Thermophilic esterase from Thermomyces lanuginosus: Molecular cloning, functional expression and biochemical characterization

Abstract

A novel esterase encoding gene, tle, was cloned from the thermophilic fungus Thermomyces lanuginosus DSM 10635. The tle had an open reading frame of 945bp encoding TLE of 314 amino acids with a theoretical molecular mass of 34.5kDa. The putative catalytic triad of TLE was consisted of Ser151, His279, and Asp249. TLE was heterologously expressed in Escherichia coli in biologically active form and purified to homogeneity.

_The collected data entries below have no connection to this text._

//! What a person is told of a run on standard error: what could not be done with which file and why, which lines were refused, and
//! what a new file took the place of.
#![tactic(auto)]

mod causes;
mod files;
mod help;
mod open_log;
mod quoted;
mod refusals;
mod rules;
mod telling;
mod words;

pub use causes::Cause;
pub use files::{Nature, Packing, look};
pub use open_log::OpenLog;
pub use quoted::Quoted;
pub use refusals::{ReasonWords, RefusalsWords};
pub use rules::words_of_rule;
pub use telling::{Access, FileNews, Said, Telling};
pub use words::{WordsFault, fault_of_words};
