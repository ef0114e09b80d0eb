// What a plan is: for each argument its registers, memory and copy; the sizes of the parameter area, the values and the copies; the places of
// the result.
#![tactic(auto)]

use base_conventions::Convention;
use plan_places::{ResultPlaces, Span};
use sig_items::Fault;
use sig_signatures::MAX_ARGUMENTS;

// The plan of a signature, or the reader's refusal. `ellipsis` says whether the signature has one; `area` is the size of the parameter area, `values`
// that of all arguments' values, and `copies` the end of the last copy. Of `spans` the first `count` belong to arguments, the others to none. A
// refused signature has a plan of nothing.
#[derive(Clone, Copy)]
pub struct Plan {
    pub outcome: Result<usize, Fault>,
    pub convention: Convention,
    pub ellipsis: bool,
    pub result: ResultPlaces,
    pub count: usize,
    pub area: usize,
    pub values: usize,
    pub copies: usize,
    pub spans: [Span; MAX_ARGUMENTS],
}

// A plan's outcome and sizes, without its places.
#[derive(Clone, Copy)]
pub struct Measured {
    pub outcome: Result<usize, Fault>,
    pub area: usize,
    pub values: usize,
    pub copies: usize,
}
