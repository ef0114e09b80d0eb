// Big-endian numbers in lent bytes, and bytes put at the head of a lent part. A function that writes is lent the part that starts where it is to write,
// so that every caller's write is a splice (the law `lent-tail`). At the constant width 8 the compiler makes of `load` and `store` one load or store with
// its bytes swapped. Beside them stands what layers of both families ask of numbers. Nothing here knows of signatures or frames.
#![tactic(auto)]

ghost use Rattle.std.specs.Prelude.{◌≡◌, ◌+◌, ◌^◌, ◌≤◌, ◌<◌, length, replicate};
ghost use Rattle.base_words.specs.Basics.{round_up};
ghost use Rattle.base_words.specs.Splice.{overlay, splice, part};
ghost use Rattle.base_words.specs.Numbers.{bytes_of, value_of, zero_extended, sign_extended};

// The bytes bs at the head of s.
pub fn put(s: &mut [u8], bs: &[u8])
    requires { length bs.now ≤ length s.old }
    ensures { s.new ≡ overlay s.old bs.now }
{
    for (i, b) in bs.iter().enumerate() {
        s[i] = *b;
    }
}

// n zeros at the head of s.
pub fn put_zeros(s: &mut [u8], n: usize)
    requires { n ≤ length s.old }
    ensures { s.new ≡ overlay s.old (replicate n 0) }
{
    s[..n].fill(0);
}

// The n lowest bytes of x, the highest first, at the head of s.
pub fn put_number(s: &mut [u8], n: usize, x: u64)
    requires { n ≤ length s.old }
    ensures { s.new ≡ overlay s.old (bytes_of n x) }
{
    let mut rest = x;
    for i in (0..n).rev() {
        s[i] = (rest % 256) as u8;
        rest /= 256;
    }
}

// The n lowest bytes of x, the highest first, at the offset at of s.
pub fn store(s: &mut [u8], at: usize, n: usize, x: u64)
    requires { at + n ≤ length s.old }
    ensures { s.new ≡ splice s.old at (bytes_of n x) }
{
    put_number(&mut s[at..], n, x);
}

// The number that the n bytes at the offset at of s stand for.
pub fn load(s: &[u8], at: usize, n: usize) -> u64
    requires { (n ≤ 8) × (at + n ≤ length s.now) }
    ensures { result ≡ value_of (part at n s.now) }
{
    let mut value: u64 = 0;
    for b in &s[at..at + n] {
        value = value * 256 + u64::from(*b);
    }
    value
}

// The n lowest bytes of x as an unsigned number: what stands above them is shifted out.
pub fn zero_extend(x: u64, n: usize) -> u64
    requires { (1 ≤ n) × (n ≤ 8) }
    ensures { result ≡ zero_extended n x }
{
    let above = 64 - 8 * n;
    (x << above) >> above
}

// The n lowest bytes of x in two's complement, extended to 64 bits.
pub fn sign_extend(x: u64, n: usize) -> u64
    requires { (1 ≤ n) × (n ≤ 8) }
    ensures { result ≡ sign_extended n x }
{
    let low = zero_extend(x, n);
    let sign: u64 = 1 << (8 * n - 1);
    if low < sign {
        return low;
    }
    low + (u64::MAX - (sign - 1) - sign)
}

// x rounded up to a multiple of a.
pub fn round_up(x: usize, a: usize) -> usize
    requires { (0 < a) × (x + a ≤ 2 ^ 64) }
    ensures { result ≡ round_up x a }
{
    (x + (a - 1)) / a * a
}
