//! Reads the fields of a message and the values that stand in them, and has the frame whose content they are.
#![tactic(auto)]

pub mod field;
pub mod forms;
pub mod frame;
pub mod moments;
pub mod splitting;

pub use field::{Field, FieldFault};
pub use forms::{amount, number};
pub use frame::{BEGIN_STRING_SIZE, Frame};
pub use moments::{FIRST_MOMENT, LAST_MOMENT, moment};
pub use splitting::fields;
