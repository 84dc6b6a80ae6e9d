//! Sockets of a live day over `mio`, on one thread: members' connections as `ports::Ports`, and the operators' desk.
//!
//! This is the trusted edge: no call waits but `wait`, and nothing is claimed of which bytes come or go.
#![tactic(auto)]

mod connection;
mod door;
mod flow;
mod operator;
mod outside;
mod place;
mod seats;
mod sockets;

pub use door::{Door, DoorFault};
pub use seats::MAX_DOORS;
pub use sockets::Sockets;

Several biochemical properties of TLE were studied: Among the tested p-nitrophenol esters, TLE showed the highest hydrolytic activity with p-nitrophenyl butyrate (C4) and exhibited the maximum activity at 60°C and pH 8.5. The enzyme was stable at temperatures below 60°C and retained 53% of the maximum activity after treatment at 70°C for 60min. Esterase activity was notably enhanced by addition of Ca2+ and Ba2+, respectively. Furthermore, TLE showed high enantioselectivity (E=95) in the kinetic resolution of 2-carboxyethyl-3-cyano-5-methylhexanoic acid ethyl ester (CNDE), which produce a valuable chiral intermediate-(3S)-2-carboxyethyl-3-cyano-5-methylhexanoic acid for Pregabalin. These unique properties of the esterase indicate that TLE is a potential candidate for industrial application.